#### YOUR TASK:
Starting at the top of the entries below, print each line exactly until the line with "use wt_grid::Axis;" has been printed too.

#### Stored items:
----------
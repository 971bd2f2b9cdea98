//! Whether half-planes meet: those of the box and a zone, of a region, and of a region moved back.
ghost use Rattle.std.specs.Prelude.{◌≡◌, ◌++◌, true};
ghost use Rattle.std.specs.List.{list_all};
ghost use Rattle.wt_plane.specs.Regions as regions;
ghost use Rattle.wt_induce.specs.Faults.{is_small_half, moved_back};
ghost use Rattle.wt_induce.specs.Induced as induced;
ghost use Rattle.wt_markov.specs.Follow as follow;

use crate::moved::moved_within;
use wt_golden::Golden;
use wt_grid::Axis;
use wt_plane::{HalfPlane, clash, clash_with};

// Whether f and g clash with one of these, moved back.
fn clash_with_moved(
    f: &HalfPlane,
    g: &HalfPlane,
    axis: Axis,
    change: Golden,
    back: &[HalfPlane],
) -> bool
    requires { list_all is_small_half (moved_back axis change back.now) ≡ true }
    ensures { result ≡ regions.clash_with f.now g.now (moved_back axis change back.now) }
{
    for h in back {
        if clash(f, g, &moved_within(axis, change, h)) {
            return true;
        }
    }
    false
}

// Whether f and g clash with one of all.
#[tactic(auto, using(crate::proofs::Chunks::with_three))]
fn clash_with_all(
    f: &HalfPlane,
    g: &HalfPlane,
    first: &[HalfPlane],
    second: &[HalfPlane],
    axis: Axis,
    change: Golden,
    back: &[HalfPlane],
) -> bool
    requires { list_all is_small_half (moved_back axis change back.now) ≡ true }
    ensures { result ≡ regions.clash_with f.now g.now (first.now ++ (second.now ++ moved_back axis change back.now)) }
{
    clash_with(f, g, first)
        || clash_with(f, g, second)
        || clash_with_moved(f, g, axis, change, back)
}

// Whether f clashes with two of these, moved back.
fn clash_two_moved(f: &HalfPlane, axis: Axis, change: Golden, back: &[HalfPlane]) -> bool
    requires { list_all is_small_half (moved_back axis change back.now) ≡ true }
    ensures { result ≡ regions.clash_with_two f.now (moved_back axis change back.now) }
{
    for i in 0..back.len() {
        let g = moved_within(axis, change, &back[i]);
        if clash_with_moved(f, &g, axis, change, &back[i..]) {
            return true;
        }
    }
    false
}

fn clash_two_last(
    f: &HalfPlane,
    second: &[HalfPlane],
    axis: Axis,
    change: Golden,
    back: &[HalfPlane],
) -> bool
    requires { list_all is_small_half (moved_back axis change back.now) ≡ true }
    ensures { result ≡ regions.clash_with_two f.now (second.now ++ moved_back axis change back.now) }
{
    for i in 0..second.len() {
        if clash_with_all(f, &second[i], &[], &second[i..], axis, change, back) {
            return true;
        }
    }
    clash_two_moved(f, axis, change, back)
}

fn clash_two_all(
    f: &HalfPlane,
    first: &[HalfPlane],
    second: &[HalfPlane],
    axis: Axis,
    change: Golden,
    back: &[HalfPlane],
) -> bool
    requires { list_all is_small_half (moved_back axis change back.now) ≡ true }
    ensures { result ≡ regions.clash_with_two f.now (first.now ++ (second.now ++ moved_back axis change back.now)) }
{
    for i in 0..first.len() {
        if clash_with_all(f, &first[i], &first[i..], second, axis, change, back) {
            return true;
        }
    }
    clash_two_last(f, second, axis, change, back)
}

fn clash_moved(axis: Axis, change: Golden, back: &[HalfPlane]) -> bool
    requires { list_all is_small_half (moved_back axis change back.now) ≡ true }
    ensures { result ≡ induced.some_clash (moved_back axis change back.now) }
{
    for i in 0..back.len() {
        let f = moved_within(axis, change, &back[i]);
        if clash_two_moved(&f, axis, change, &back[i..]) {
            return true;
        }
    }
    false
}

fn clash_last(second: &[HalfPlane], axis: Axis, change: Golden, back: &[HalfPlane]) -> bool
    requires { list_all is_small_half (moved_back axis change back.now) ≡ true }
    ensures { result ≡ induced.some_clash (second.now ++ moved_back axis change back.now) }
{
    for i in 0..second.len() {
        if clash_two_last(&second[i], &second[i..], axis, change, back) {
            return true;
        }
    }
    clash_moved(axis, change, back)
}

/// Whether the half-planes of the first two lists, and those of the last moved back, meet.
pub(crate) fn meets(
    first: &[HalfPlane],
    second: &[HalfPlane],
    axis: Axis,
    change: Golden,
    back: &[HalfPlane],
) -> bool
    requires { list_all is_small_half (moved_back axis change back.now) ≡ true }
    ensures { result ≡ follow.meets (first.now ++ (second.now ++ moved_back axis change back.now)) }
{
    for i in 0..first.len() {
        if clash_two_all(&first[i], &first[i..], second, axis, change, back) {
            return false;
        }
    }
    !clash_last(second, axis, change, back)
}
----------
#### RESULT BELOW:
repository 971bd2f2b9cdea98
//! Whether half-planes meet: those of the box and a zone, of a region, and of a region moved back.
ghost use Rattle.std.specs.Prelude.{◌≡◌, ◌++◌, true};
ghost use Rattle.std.specs.List.{list_all};
ghost use Rattle.wt_plane.specs.Regions as regions;
ghost use Rattle.wt_induce.specs.Faults.{is_small_half, moved_back};
ghost use Rattle.wt_induce.specs.Induced as induced;
ghost use Rattle.wt_markov.specs.Follow as follow;

use crate::moved::moved_within;
use wt_golden::Golden;
use wt_grid::Axis;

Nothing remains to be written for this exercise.